Every company today is thinking hard about spending and the value it's getting back for AI - Sam Altman, CEO of OpenAI
The Office Agent Race
The launch fits into a wider trend of agentic office tools, which Anthropic (Claude Cowork) and Microsoft (Copilot Cowork) have also announced in recent months. The debut of Claude Cowork previously triggered sell-offs in software and professional services stocks, as investors worried AI agents would start replacing work previously done by consultants and office assistants.
OpenAI already has more than a million users - Holger Mueller, analyst at Constellation Research
Analysts point out that ChatGPT Work is above all an attempt to win over corporate customers as OpenAI prepares for a stock market listing. The same day the tool launched also saw the announcement that Fidji Simo was stepping down as the company's number two, underscoring just how turbulent a period of change OpenAI is currently going through.
What It Means for Polish Companies
For Polish businesses on paid ChatGPT plans, this means a new tool for automating office work without having to hire additional IT specialists, at least in theory.
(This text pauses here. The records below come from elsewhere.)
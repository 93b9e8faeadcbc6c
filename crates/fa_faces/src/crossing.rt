// Why a box has no face can be shared between threads and moved to another.

use crate::fault::FaceFault;
use fore_base::crossing::crosses;

/// Faults cross threads.
pub fn fault_crosses(fault: &FaceFault) {
    crosses(fault)
}
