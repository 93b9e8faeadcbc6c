// Refusals can be shared between threads and moved to another.

use crate::fault::BoxFault;
use fore_base::crossing::crosses;

/// Refusals cross threads.
pub fn fault_crosses(fault: &BoxFault) {
    crosses(fault)
}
In practice, integration with tools like SharePoint or Salesforce means the biggest benefits will go to companies that had already invested in those systems.
At the same time, the growing number of competing office agents, from Claude Cowork to Copilot Cowork, means companies will need to compare not just subscription prices but also which tool integrates better with their existing technology stack. That's a decision worth postponing until vendors publish more data on how effective these agents actually are in specific industries.